#### [WHAT IS NEEDED]
Print only the line with "and the books" and the lines after it, ending with the last line of the material, each exactly as it stands.

********

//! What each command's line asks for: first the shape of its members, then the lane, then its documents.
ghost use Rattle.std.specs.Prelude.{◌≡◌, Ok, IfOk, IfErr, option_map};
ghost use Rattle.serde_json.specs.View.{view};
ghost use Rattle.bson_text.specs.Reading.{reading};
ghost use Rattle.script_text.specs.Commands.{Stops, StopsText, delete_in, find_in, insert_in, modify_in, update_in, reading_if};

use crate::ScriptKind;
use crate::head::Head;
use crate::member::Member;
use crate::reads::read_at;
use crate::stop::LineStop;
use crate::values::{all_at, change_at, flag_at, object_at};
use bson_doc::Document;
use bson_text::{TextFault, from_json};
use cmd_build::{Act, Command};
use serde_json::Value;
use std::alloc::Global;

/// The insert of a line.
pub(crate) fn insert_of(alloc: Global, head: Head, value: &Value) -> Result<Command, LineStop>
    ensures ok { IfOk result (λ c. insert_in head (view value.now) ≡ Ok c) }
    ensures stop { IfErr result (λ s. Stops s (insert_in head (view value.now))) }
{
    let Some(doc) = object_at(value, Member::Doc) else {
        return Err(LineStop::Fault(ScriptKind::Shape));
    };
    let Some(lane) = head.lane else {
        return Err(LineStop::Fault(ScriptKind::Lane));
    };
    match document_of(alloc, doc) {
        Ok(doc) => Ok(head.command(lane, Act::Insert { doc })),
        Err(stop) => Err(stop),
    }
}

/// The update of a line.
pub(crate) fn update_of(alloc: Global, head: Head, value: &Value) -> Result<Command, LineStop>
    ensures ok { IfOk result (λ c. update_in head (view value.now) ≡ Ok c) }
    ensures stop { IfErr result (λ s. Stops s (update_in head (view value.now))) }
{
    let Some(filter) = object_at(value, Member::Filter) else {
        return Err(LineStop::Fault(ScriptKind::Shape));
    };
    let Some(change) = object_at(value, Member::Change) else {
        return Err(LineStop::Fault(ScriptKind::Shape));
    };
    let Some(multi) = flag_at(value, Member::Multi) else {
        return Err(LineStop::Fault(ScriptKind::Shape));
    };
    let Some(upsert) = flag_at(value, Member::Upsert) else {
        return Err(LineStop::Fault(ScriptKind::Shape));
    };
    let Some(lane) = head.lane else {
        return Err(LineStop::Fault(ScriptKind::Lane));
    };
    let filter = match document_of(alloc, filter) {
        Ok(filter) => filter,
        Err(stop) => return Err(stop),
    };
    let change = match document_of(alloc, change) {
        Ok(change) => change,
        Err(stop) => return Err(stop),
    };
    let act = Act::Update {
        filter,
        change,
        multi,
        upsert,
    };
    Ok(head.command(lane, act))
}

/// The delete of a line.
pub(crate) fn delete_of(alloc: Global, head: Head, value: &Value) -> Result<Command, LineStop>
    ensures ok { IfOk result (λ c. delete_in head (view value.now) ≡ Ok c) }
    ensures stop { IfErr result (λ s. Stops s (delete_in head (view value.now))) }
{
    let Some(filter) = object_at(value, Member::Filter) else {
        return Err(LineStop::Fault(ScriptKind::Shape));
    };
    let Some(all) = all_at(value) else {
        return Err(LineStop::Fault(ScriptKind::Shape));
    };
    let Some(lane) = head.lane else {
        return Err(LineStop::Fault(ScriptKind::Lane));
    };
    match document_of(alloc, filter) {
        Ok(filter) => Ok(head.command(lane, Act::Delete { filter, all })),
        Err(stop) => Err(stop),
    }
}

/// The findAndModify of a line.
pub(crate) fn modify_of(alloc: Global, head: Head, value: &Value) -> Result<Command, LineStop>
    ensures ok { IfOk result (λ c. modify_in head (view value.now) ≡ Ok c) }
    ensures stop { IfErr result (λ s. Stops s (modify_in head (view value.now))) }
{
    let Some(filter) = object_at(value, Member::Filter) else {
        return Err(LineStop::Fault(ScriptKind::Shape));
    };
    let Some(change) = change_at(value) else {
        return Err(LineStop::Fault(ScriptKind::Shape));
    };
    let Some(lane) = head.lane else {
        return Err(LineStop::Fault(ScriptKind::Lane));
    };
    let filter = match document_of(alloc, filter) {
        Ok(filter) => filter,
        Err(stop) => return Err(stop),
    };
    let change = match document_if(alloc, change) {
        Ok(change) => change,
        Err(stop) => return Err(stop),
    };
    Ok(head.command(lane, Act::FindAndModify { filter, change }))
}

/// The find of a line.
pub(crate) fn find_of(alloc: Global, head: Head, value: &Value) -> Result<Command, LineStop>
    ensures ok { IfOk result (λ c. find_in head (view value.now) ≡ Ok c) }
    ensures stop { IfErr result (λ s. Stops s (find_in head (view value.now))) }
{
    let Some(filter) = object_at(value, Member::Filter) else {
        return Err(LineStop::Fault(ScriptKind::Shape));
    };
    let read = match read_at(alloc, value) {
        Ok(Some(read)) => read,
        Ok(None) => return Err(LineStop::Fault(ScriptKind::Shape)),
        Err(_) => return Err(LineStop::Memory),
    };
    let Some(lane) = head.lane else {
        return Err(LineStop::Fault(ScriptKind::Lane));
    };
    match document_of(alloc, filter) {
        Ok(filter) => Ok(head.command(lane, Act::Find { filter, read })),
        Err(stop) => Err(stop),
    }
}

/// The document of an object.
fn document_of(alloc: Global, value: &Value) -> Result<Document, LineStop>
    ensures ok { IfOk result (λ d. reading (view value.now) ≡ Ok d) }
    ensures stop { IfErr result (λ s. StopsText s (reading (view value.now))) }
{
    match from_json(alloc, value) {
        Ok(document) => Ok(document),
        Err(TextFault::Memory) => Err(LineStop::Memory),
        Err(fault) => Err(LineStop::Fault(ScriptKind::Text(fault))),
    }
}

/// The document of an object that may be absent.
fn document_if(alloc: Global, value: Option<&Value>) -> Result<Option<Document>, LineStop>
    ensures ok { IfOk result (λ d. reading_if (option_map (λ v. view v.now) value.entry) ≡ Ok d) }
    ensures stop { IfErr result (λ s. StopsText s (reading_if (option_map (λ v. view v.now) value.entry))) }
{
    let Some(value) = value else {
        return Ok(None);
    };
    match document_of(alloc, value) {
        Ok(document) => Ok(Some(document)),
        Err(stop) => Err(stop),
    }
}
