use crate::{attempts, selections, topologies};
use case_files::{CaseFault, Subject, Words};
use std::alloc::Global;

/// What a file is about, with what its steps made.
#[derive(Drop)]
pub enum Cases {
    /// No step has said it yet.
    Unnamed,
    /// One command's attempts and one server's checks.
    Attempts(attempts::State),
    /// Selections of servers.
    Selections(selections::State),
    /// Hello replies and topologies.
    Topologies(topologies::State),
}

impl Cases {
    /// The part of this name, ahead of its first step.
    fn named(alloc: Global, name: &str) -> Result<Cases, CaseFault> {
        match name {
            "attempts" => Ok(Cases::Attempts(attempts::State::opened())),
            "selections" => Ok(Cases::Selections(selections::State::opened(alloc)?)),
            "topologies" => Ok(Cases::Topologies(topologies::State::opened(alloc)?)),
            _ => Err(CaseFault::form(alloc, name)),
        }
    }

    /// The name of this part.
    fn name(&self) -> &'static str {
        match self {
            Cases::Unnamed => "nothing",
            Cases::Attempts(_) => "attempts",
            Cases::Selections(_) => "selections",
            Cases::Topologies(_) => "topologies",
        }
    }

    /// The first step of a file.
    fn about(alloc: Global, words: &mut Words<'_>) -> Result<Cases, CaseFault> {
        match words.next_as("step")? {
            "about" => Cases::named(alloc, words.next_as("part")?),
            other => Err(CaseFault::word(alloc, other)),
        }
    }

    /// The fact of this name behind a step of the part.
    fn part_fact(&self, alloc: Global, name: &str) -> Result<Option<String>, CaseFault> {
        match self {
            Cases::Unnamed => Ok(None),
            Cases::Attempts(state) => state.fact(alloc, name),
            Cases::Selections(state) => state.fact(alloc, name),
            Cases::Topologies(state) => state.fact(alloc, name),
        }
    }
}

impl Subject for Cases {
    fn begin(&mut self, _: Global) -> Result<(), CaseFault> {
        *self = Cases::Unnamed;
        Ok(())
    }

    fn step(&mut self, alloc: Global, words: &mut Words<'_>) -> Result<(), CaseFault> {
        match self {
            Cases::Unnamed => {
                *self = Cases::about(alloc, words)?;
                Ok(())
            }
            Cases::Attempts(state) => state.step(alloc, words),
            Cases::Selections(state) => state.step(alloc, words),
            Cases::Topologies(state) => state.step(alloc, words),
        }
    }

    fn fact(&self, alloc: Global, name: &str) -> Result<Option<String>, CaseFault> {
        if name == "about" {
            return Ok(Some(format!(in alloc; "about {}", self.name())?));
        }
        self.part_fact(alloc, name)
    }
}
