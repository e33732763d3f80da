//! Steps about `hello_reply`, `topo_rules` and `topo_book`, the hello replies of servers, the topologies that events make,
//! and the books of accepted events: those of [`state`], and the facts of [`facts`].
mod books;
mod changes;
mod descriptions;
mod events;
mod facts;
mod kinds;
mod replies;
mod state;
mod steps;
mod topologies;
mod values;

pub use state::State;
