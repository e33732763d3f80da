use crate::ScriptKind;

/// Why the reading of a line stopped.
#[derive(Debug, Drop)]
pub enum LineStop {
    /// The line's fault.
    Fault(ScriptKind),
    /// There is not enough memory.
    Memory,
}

********

#### [RESPONSE BELOW]
//! and the books of accepted events: those of [`state`], and the facts of [`facts`].
mod books;
mod changes;
mod descriptions;
mod events;
mod facts;
mod kinds;
mod replies;
mod state;
mod steps;
mod topologies;
mod values;

pub use state::State;
repository e33732763d3f80da
use crate::ScriptKind;

/// Why the reading of a line stopped.
#[derive(Debug, Drop)]
pub enum LineStop {
    /// The line's fault.
    Fault(ScriptKind),
    /// There is not enough memory.
    Memory,
}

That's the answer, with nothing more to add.